1982, su primera caída
La primera caída al abismo de Bruce Springsteen ocurrió en 1982, mientras grababa Nebraska. Durante un viaje desde Freehold, la localidad de Nueva Jersey donde creció, hasta Los Ángeles hizo parada en una aldea de Texas y se quedó mirando a la gente bailar, correr y reír en la feria del pueblo.
Tenía 33 años y esa postal de felicidad mundana le hundió hasta el punto de dar la vuelta y regresar a Freehold sintiendo, según explicó su biógrafo Dave Marsh, impulsos suicidas. "Tantos años después y sigo sin saber qué me empujó al abismo aquella noche" recuerda el cantante, "me sentí un observador de la felicidad ajena de los que viven y aman.
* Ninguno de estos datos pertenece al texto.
// Nodes, as these tests know them: by traits alone, so that to drop one, or a value with many
// parts, is a single step of a proof.
use crate::calls::{Told, counter};
use std::alloc::Global;
use std::sync::Wait;
use xds_core::{Core, Event, Marks, Reply, Request};
use xds_message::DeltaDiscoveryRequest;
use xds_node::{History, JournalLine, NodeName, Seat, Segment, SharedNode, Unrecorded, WaitEnd};
use xds_resource::{AnyResource, Groups, Refusal, TypeName};

/// Events of the tests.
pub(crate) trait Happens: Drop + Sized {
    /// A cluster of this name is put.
    fn put(alloc: Global, name: &str) -> Result<Self, Refusal>;

    /// A client asks on this stream.
    fn ask(alloc: Global, stream: u64, request: &[u8]) -> Result<Self, Refusal>;

    fn open() -> Self;

    fn close(stream: u64) -> Self;

    fn poll(stream: u64) -> Self;

    fn snapshot() -> Self;
}

impl Happens for Event {
    fn put(alloc: Global, name: &str) -> Result<Event, Refusal> {
        let url = TypeName::Cluster.url();
        let text = format!(in alloc; r#"{{"@type":"{url}","name":"{name}"}}"#)?;
        let resource = AnyResource::parse(alloc, text.as_str())?;
        Ok(Event::Put(resource, Groups::none()))
    }

    fn ask(alloc: Global, stream: u64, request: &[u8]) -> Result<Event, Refusal> {
        let request = DeltaDiscoveryRequest::read(alloc, request)?;
        Ok(Event::Request(stream, Request::Delta(request)))
    }

    fn open() -> Event {
        Event::Open
    }

    fn close(stream: u64) -> Event {
        Event::Close(stream)
    }

    fn poll(stream: u64) -> Event {
        Event::Poll(stream, None)
    }

    fn snapshot() -> Event {
        Event::Snapshot
    }
}

/// Records in a row.
pub(crate) trait Records: Drop {
    /// The number of the first.
    fn first(&self) -> u64;

    fn count(&self) -> usize;

    /// The clusters of the replica before the first, as a text.
    fn held(&self, alloc: Global) -> Result<String, Refusal>;

    /// Those of the replica after the last, at which all of them happened again.
    fn held_after(&self, alloc: Global) -> Result<String, Refusal>;
}

impl<N: NodeName> Records for Segment<N> {
    fn first(&self) -> u64 {
        Segment::first(self)
    }

    fn count(&self) -> usize {
        self.records().len()
    }

    fn held(&self, alloc: Global) -> Result<String, Refusal> {
        clusters_of(alloc, self.base())
    }

    fn held_after(&self, alloc: Global) -> Result<String, Refusal> {
        replayed(alloc, self.base().try_copy(alloc)?, self.records())
    }
}

// The clusters of a replica, as a text.
fn clusters_of(alloc: Global, core: &Core) -> Result<String, Refusal> {
    core.entries(alloc, TypeName::Cluster)?.write(alloc)
}

// The same of a replica at which these events happened, each with the answer that the record has.
fn replayed(alloc: Global, core: Core, records: &[JournalLine]) -> Result<String, Refusal> {
    let mut core = core;
    let mut done = Ok(());
    for line in records {
        if done.is_ok() {
            done = again(alloc, &mut core, line);
        }
    }
    let held = clusters_of(alloc, &core);
    drop(core);
    done?;
    held
}

fn again(alloc: Global, core: &mut Core, line: &JournalLine) -> Result<(), Refusal> {
    let answer = core.step(line.event().try_copy(alloc)?);
    let is_same = answer.is_ok() == line.answer().is_ok();
    drop(answer);
    if is_same {
        Ok(())
    } else {
        Err(Refusal::BadTrace)
    }
}

/// What is left of a node.
pub(crate) trait Left: Drop {
    type Segment: Records;

    /// The records that weren't cut, and how many were.
    fn count(&self) -> usize;

    fn cut(&self) -> u64;

    /// The clusters of the replica when the journal was cut last, as a text.
    fn held(&self, alloc: Global) -> Result<String, Refusal>;

    /// How many clusters there were when the journal was cut last.
    fn clusters(&self, alloc: Global) -> Result<usize, Refusal>;

    fn is_complete(&self) -> bool;

    fn audit(self, segments: Vec<Self::Segment>) -> Result<(), Refusal>;
}

impl<N: NodeName> Left for History<N> {
    type Segment = Segment<N>;

    fn count(&self) -> usize {
        self.records().len()
    }

    fn cut(&self) -> u64 {
        History::cut(self)
    }

    fn held(&self, alloc: Global) -> Result<String, Refusal> {
        clusters_of(alloc, self.base())
    }

    fn clusters(&self, alloc: Global) -> Result<usize, Refusal> {
        let batch = self.base().entries(alloc, TypeName::Cluster)?;
        Ok(batch.cluster.len())
    }

    fn is_complete(&self) -> bool {
        History::is_complete(self)
    }

    fn audit(self, segments: Vec<Segment<N>>) -> Result<(), Refusal> {
        History::audit(self, segments)
    }
}

/// A node.
pub(crate) trait Site: Drop {
    type Seat: Drop;

    type Event: Happens;

    type Answer: Told<Event = Self::Event>;

    type Segment: Records;

    type Left: Left<Segment = Self::Segment>;

    fn seat<R: Wait>(&self, rt: &R) -> Result<Self::Seat, Refusal>;

    fn call<R: Wait>(&self, rt: &R, seat: &mut Self::Seat, event: Self::Event) -> Self::Answer;

    fn cut<R: Wait>(&self, rt: &R) -> Result<Self::Segment, Refusal>;

    fn cut_full<R: Wait>(&self, rt: &R) -> Result<Option<Self::Segment>, Refusal>;

    fn close(self, seats: Vec<Self::Seat>) -> Self::Left;

    fn wait_due<R: Wait>(&self, rt: &R, stream: u64) -> WaitEnd;

    fn wait_changed<R: Wait>(&self, rt: &R, seen: Marks) -> Option<Marks>;

    fn stop<R: Wait>(&self, rt: &R);
}

impl<N: NodeName> Site for SharedNode<N> {
    type Seat = Seat<N>;

    type Event = Event;

    type Answer = Result<Result<Reply, Refusal>, Unrecorded>;

    type Segment = Segment<N>;

    type Left = History<N>;

    fn seat<R: Wait>(&self, rt: &R) -> Result<Seat<N>, Refusal> {
        SharedNode::seat(self, rt)
    }

    fn call<R: Wait>(
        &self,
        rt: &R,
        seat: &mut Seat<N>,
        event: Event,
    ) -> Result<Result<Reply, Refusal>, Unrecorded> {
        SharedNode::call(self, rt, seat, event)
    }

    fn cut<R: Wait>(&self, rt: &R) -> Result<Segment<N>, Refusal> {
        SharedNode::cut(self, rt)
    }

    fn cut_full<R: Wait>(&self, rt: &R) -> Result<Option<Segment<N>>, Refusal> {
        SharedNode::cut_full(self, rt)
    }

    fn close(self, seats: Vec<Seat<N>>) -> History<N> {
        SharedNode::close(self, seats)
    }

    fn wait_due<R: Wait>(&self, rt: &R, stream: u64) -> WaitEnd {
        SharedNode::wait_due(self, rt, stream)
    }

    fn wait_changed<R: Wait>(&self, rt: &R, seen: Marks) -> Option<Marks> {
        SharedNode::wait_changed(self, rt, seen)
    }

    fn stop<R: Wait>(&self, rt: &R) {
        SharedNode::stop(self, rt)
    }
}

/// The one thing in a vector.
pub(crate) fn alone<T: Drop>(alloc: Global, it: T) -> Result<Vec<T>, Refusal> {
    let mut all = Vec::new(alloc);
    all.push(it)?;
    Ok(all)
}

/// Puts a cluster of this name, and answers the counter of the write.
pub(crate) fn put<A: Site, R: Wait>(
    rt: &R,
    alloc: Global,
    node: &A,
    seat: &mut A::Seat,
    name: &str,
) -> Result<u64, Refusal> {
    let event = A::Event::put(alloc, name)?;
    counter(node.call(rt, seat, event))
}
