// A node that is cut again and again: each record is handed out once, and each segment begins where
// the one before it ends.
ghost use Rattle.std.specs.Prelude.{◌≡◌};

use crate::ends::put_and_cut;
use crate::sites::{Left, Records, Site, alone, put};
use std::alloc::Global;
use std::marker::Brand;
use std::sync::Wait;
use std::test::Fail;
use xds_node::{JournalLine, NodeName, Opened, SharedNode};
use xds_resource::Refusal;

// What a node leaves that was cut twice.
#[derive(Clone, Copy)]
struct Outcome {
    // How many records each segment has, and the number of its first.
    counts: (usize, usize),
    firsts: (u64, u64),
    // How many records the history has, and how many were cut before.
    records: usize,
    before: u64,
    // Whether the first segment's replica has no cluster, the second's is what the first segment's
    // records make of that one, and the history's what the second's make of it.
    is_empty: bool,
    is_joined: bool,
    is_ended: bool,
}

// Whether two texts are there, and the same.
fn same(one: Result<String, Refusal>, other: Result<String, Refusal>) -> Result<bool, Refusal> {
    let one = one?;
    Ok(one.as_str() == other?.as_str())
}

fn outcome_of<L: Left>(
    alloc: Global,
    left: &L,
    first: &L::Segment,
    second: &L::Segment,
) -> Result<Outcome, Refusal> {
    Ok(Outcome {
        counts: (first.count(), second.count()),
        firsts: (first.first(), second.first()),
        records: left.count(),
        before: left.cut(),
        is_empty: first.held(alloc)?.as_str() == "{}",
        is_joined: same(second.held(alloc), first.held_after(alloc))?,
        is_ended: same(left.held(alloc), second.held_after(alloc))?,
    })
}

fn left_of<L: Left>(alloc: Global, left: L, segments: Vec<L::Segment>) -> Result<Outcome, Refusal> {
    match segments.as_slice() {
        [first, second] => outcome_of(alloc, &left, first, second),
        _ => Err(Refusal::BadTrace),
    }
}

// A node is cut after three records, and after two more; a last one is left to its history.
fn cut_twice<A: Site, R: Wait>(
    rt: &R,
    alloc: Global,
    node: Result<A, Refusal>,
) -> Result<Outcome, Refusal> {
    let node = node?;
    let mut seat = node.seat(rt)?;
    let mut segments = Vec::new(alloc);
    put_and_cut(rt, alloc, &node, &mut seat, "a b c", &mut segments)?;
    put_and_cut(rt, alloc, &node, &mut seat, "d a", &mut segments)?;
    put(rt, alloc, &node, &mut seat, "e")?;
    let seats = alone(alloc, seat)?;
    left_of(alloc, node.close(seats), segments)
}

fn cuts<N: NodeName, R: Wait>(
    rt: &R,
    alloc: Global,
    opened: Opened<JournalLine>,
) -> Result<Outcome, Refusal>
    requires name { opened ≡ N.id }
    requires number { N.replica ≡ 1 }
{
    cut_twice(rt, alloc, SharedNode::<N>::new(alloc, opened, 1))
}

// rule: cuts
#[test]
fn each_record_is_handed_out_once(rt: HostRuntime) -> Result<(), Fail> {
    let opened = Opened::<JournalLine>::new(rt.alloc())?;
    let outcome = cuts::<Brand, _>(&rt, rt.alloc(), opened)?;
    assert!(rt;
        outcome.counts == (3, 2),
        "each segment has the records since the cut before"
    );
    assert!(rt;
        outcome.firsts == (1, 4),
        "they are numbered on from 1, and no number is passed over"
    );
    assert!(rt; outcome.before == 5, "all of them were handed out");
    assert!(rt; outcome.records == 1, "the last is the history's");
    Ok(())
}

// rule: cuts
#[test]
fn each_segment_begins_where_the_one_before_it_ends(rt: HostRuntime) -> Result<(), Fail> {
    let opened = Opened::<JournalLine>::new(rt.alloc())?;
    let outcome = cuts::<Brand, _>(&rt, rt.alloc(), opened)?;
    assert!(rt; outcome.is_empty, "nothing had happened before the first");
    assert!(rt;
        outcome.is_joined,
        "the second begins at what the first segment's records make of its replica"
    );
    assert!(rt;
        outcome.is_ended,
        "and the history at what the second segment's make of that"
    );
    Ok(())
}
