// What threads of a node do at once. That it may be sent to a thread is known of a node, and not of
// what these tests know of it by traits.
use crate::calls::{clusters, refused};
use crate::seats::{Worker, worked, workers};
use crate::sites::Site;
use std::alloc::Global;
use std::sync::Wait;
use std::thread::{Threads, join, map_vec};
use xds_core::{Event, Marks};
use xds_node::{NodeName, Seat, SharedNode, WaitEnd};
use xds_resource::Refusal;

/// All workers at once, each in a thread of its own.
pub(crate) fn all_work<N: NodeName + Send + Sync, R: Threads + Wait + Sync>(
    rt: &R,
    alloc: Global,
    node: &SharedNode<N>,
) -> Result<Vec<Worker<Seat<N>>>, Refusal> {
    let workers = workers(rt, alloc, node)?;
    Ok(map_vec(rt, workers, &|worker| { worked(rt, alloc, node, worker) })?)
}

/// What a thread that waits for a stream sees while another makes a call.
pub(crate) fn waits_and_calls<N: NodeName + Send + Sync, R: Threads + Wait + Sync>(
    rt: &R,
    node: &SharedNode<N>,
    stream: u64,
    seat: Seat<N>,
    event: Event,
) -> (WaitEnd, (Seat<N>, Result<(), Refusal>)) {
    join(
        rt,
        || node.wait_due(rt, stream),
        || called(rt, node, seat, event),
    )
}

/// How many clusters a thread counts as soon as something is due on a stream, while another holds
/// the writers back until these events have happened.
pub(crate) fn counts_and_holds<N: NodeName + Send + Sync, R: Threads + Wait + Sync>(
    rt: &R,
    node: &SharedNode<N>,
    stream: u64,
    seats: (Seat<N>, Seat<N>),
    events: (Event, Event),
) -> (Result<usize, Refusal>, Result<(), Refusal>) {
    let (counts, puts) = seats;
    let (first, last) = events;
    node.hold(rt);
    join(
        rt,
        || counted_when_due(rt, node, stream, counts),
        || called_and_released(rt, node, puts, first, last),
    )
}

// Waits until something is due on a stream, and counts the clusters then.
fn counted_when_due<N: NodeName, R: Wait>(
    rt: &R,
    node: &SharedNode<N>,
    stream: u64,
    seat: Seat<N>,
) -> Result<usize, Refusal> {
    let mut seat = seat;
    node.wait_due(rt, stream);
    let (count, _) = clusters(node.call(rt, &mut seat, Event::Snapshot))?;
    Ok(count)
}

// Makes two calls, and holds no writer back any more.
fn called_and_released<N: NodeName, R: Wait>(
    rt: &R,
    node: &SharedNode<N>,
    seat: Seat<N>,
    first: Event,
    last: Event,
) -> Result<(), Refusal> {
    let (seat, one) = called(rt, node, seat, first);
    let (seat, other) = called(rt, node, seat, last);
    drop(seat);
    node.release(rt);
    one?;
    other
}

/// What a thread that waits for changes sees while another stops the node.
pub(crate) fn waits_and_stops<N: NodeName + Send + Sync, R: Threads + Wait + Sync>(
    rt: &R,
    node: &SharedNode<N>,
    seen: Marks,
) -> Option<Marks> {
    let (left, _) = join(rt, || node.wait_changed(rt, seen), || node.stop(rt));
    left
}

// Makes a call, and hands the seat back.
fn called<A: Site, R: Wait>(
    rt: &R,
    node: &A,
    seat: A::Seat,
    event: A::Event,
) -> (A::Seat, Result<(), Refusal>) {
    let mut seat = seat;
    let answer = refused(node.call(rt, &mut seat, event));
    (seat, answer)
}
Desde muy joven me había aislado, me había alejado de la vida para poder controlar a los demás y poder contener mis emociones".
Lleva el peso de América sobre sus hombros porque su música le da sentido a las vidas de sus habitantes
Su psicólogo le sugirió que esta obsesión por conducir hasta su casa de la infancia y pasarse horas aparcado en la puerta venía de un empeño en arreglar lo que había ocurrido dentro de esa casa. "Eso es exactamente lo que estoy intentando", le respondió Springsteen. "Pues no puedes" concluyó su terapeuta. Ahí comenzó un viaje de terapia, medicación y autodescubrimiento que según Bruce le salvó la vida y que, aunque sabe que no tiene destino final, necesita recorrer para aceptar a su padre y a la vez matar a su fantasma.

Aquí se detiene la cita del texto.